Приведем еще пример: «Твердят об отсутствии у русских своей государственности. Это уже цинизм шовинистов, которые сами же рубят сук, на котором сидят» (Независимая газета. 1994. 22 марта). Но только ли шовинистов следует подозревать в цинизме? Есть ведь и прямо противоположное суждение: «сама жизнь, история подвела нас к вопросу о необходимости создания республики Русь на базе всех краев, областей» (Р. Г. Абдулатипов, Л. Ф. Болтенкова). Заметим к слову, что «цинизм шовинистов» — это далеко не самое «сильное» выражение в адрес русских, склонных проявлять недовольство из-за отсутствия у них «своей» национальной государственности при изобилии таковых в составе Российской Федерации. При обсуждении этого вопроса встречаются и настоящие «перлы».

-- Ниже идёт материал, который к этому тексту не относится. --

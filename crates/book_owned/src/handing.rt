//! What a front refuses, hands over, and takes in again.
ghost use Rattle.std.specs.Prelude.{◌≡◌, ◌+◌, ◌≤◌, [], true, false, IfSome, IfNone};
ghost use Rattle.mdf_layout.specs.Record.{SampleFits, encoded_size, cost_of};
ghost use Rattle.book_owned.specs.Answers.{IsRefusal, accepted_by};
ghost use Rattle.book_owned.specs.Holds.{IsCounted};
ghost use Rattle.book_owned.specs.FrontHalf.{front_account, IsFront, IsAwaited, PutTells, HandTells, FinishTells, FinishEvents};

use crate::front::{last_mark, show};
use crate::in_memory::InMemory;
use crate::{Append, Flush, Handed, Shown, Written};
use mdf_layout::Sample;
use std::mem::replace;
use std::sync::Wait;
use std::thread::Threads;

/// Why a sample of this encoded size is not taken, before room for it is looked for.
pub(crate) fn refusal<V: Shown>(front: &InMemory<V>, sample: &Sample, size: u64) -> Option<Append>
    requires counted { IsCounted front.now }
    requires fits { SampleFits front.now.shapes sample.now }
    requires size { size ≡ encoded_size front.now.shapes sample.now }
    requires block { encoded_size front.now.shapes sample.now ≤ front.now.block.limit }
    ensures going { IfNone result (front.now.stopped ≡ false) }
    ensures room { IfNone result (front.now.held + cost_of front.now.shapes sample.now ≤ front.now.session_limit) }
    ensures refused { IfSome result (λ answer. PutTells (front_account V.Shown front.now) (front_account V.Shown front.now) sample.now answer) }
    ensures accepts { IfSome result (λ answer. accepted_by answer sample.now ≡ []) }
    ensures before_memory { IfSome result IsRefusal }
{
    if front.stopped {
        return Some(Append::Stopped {
            mark: last_mark(&front.marks),
        });
    }
    let cost = front.shapes.cost_with(sample, size);
    if front.held + cost > front.session_limit {
        return Some(Append::SessionFull {
            held: front.held,
            size: cost,
            limit: front.session_limit,
        });
    }
    None
}

/// Gives the block of the pending records out, and goes on with the spare one. It takes no memory.
pub(crate) fn hand_over<V: Shown>(front: &mut InMemory<V>) -> Handed
    requires front { IsFront V.Shown front.old }
    requires spare { (front_account V.Shown front.old).spare ≡ true }
    ensures front { IsFront V.Shown front.new }
    ensures tells { HandTells (front_account V.Shown front.old) (front_account V.Shown front.new) result }
    ensures samples { front.new.history ≡ front.old.history }
    ensures marks { front.new.marks ≡ front.old.marks }
{
    if front.stopped {
        return Handed::Stopped {
            mark: last_mark(&front.marks),
        };
    }
    if front.block.is_empty() {
        return Handed::Nothing;
    }
    let Some(spare) = front.spare.take() else {
        unreachable!()
    };
    let block = replace(&mut front.block, spare);
    let through = front.history.len();
    front.from = through;
    Handed::Given { through, block }
}

/// Takes in what became of the block that was handed over, or `Nothing` where none was.
pub(crate) fn finish<V: Shown, R: Threads + Wait + Sync>(
    front: &mut InMemory<V>,
    rt: &R,
    written: Written,
) -> Flush<V::Note>
    requires front { IsFront V.Shown front.old }
    requires awaited { IsAwaited (front_account V.Shown front.old) written }
    ensures front { IsFront V.Shown front.new }
    ensures tells { FinishTells V.Shown (front_account V.Shown front.old) (front_account V.Shown front.new) written result }
    ensures events { FinishEvents V.count (front_account V.Shown front.old) (front_account V.Shown front.new) written }
    ensures samples { front.old.history.spare ≤ front.new.history.spare }
    ensures marks { front.old.marks.spare ≤ front.new.marks.spare + 1 }
{
    match written {
        Written::Done { mark, mut block } => {
            front.marks.put(mark);
            let answer = show(front, rt, mark.through);
            block.clear();
            front.spare = Some(block);
            answer
        }
        Written::DiskFault {
            before,
            after,
            mut block,
        } => {
            front.stopped = true;
            block.clear();
            front.spare = Some(block);
            Flush::DiskFault { before, after }
        }
        Written::Nothing => {
            let through = last_mark(&front.marks).through;
            show(front, rt, through)
        }
    }
}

Так, в опубликованном выступлении на международной конференции, состоявшейся в Казани в сентябре 1993 года, авторами которого являются два кандидата философских наук, можно прочитать буквально следующее: «Призывы образовать Русскую республику у нас подхватывают лишь фашисты». Директор центра социального прогнозирования и маркетинга поведал в «Вестнике Академии наук» (1995. Т. 65. № 1) об «обнаруженных» им тенденциях к тому, что «европейская часть русских может сплотиться в этноцентрическое национальное государство, которое в условиях жесткой борьбы за защиту своего национального рынка выродится в государство фашистского типа». Можно, конечно, предположить, что в данном случае, как и в других, уже отмечавшихся, авторам просто изменяет чувство слова или чувство меры. Ведь если подобное принимать всерьез, как тогда быть с теми россиянами, которые, не будучи ни русскими, ни фашистами, тем не менее, являются искренними приверженцами «своих» национальных республик в составе России. Или опять-таки, единственными претендентами на «титул» фашистов можно (не возбраняется) выдвигать только русских?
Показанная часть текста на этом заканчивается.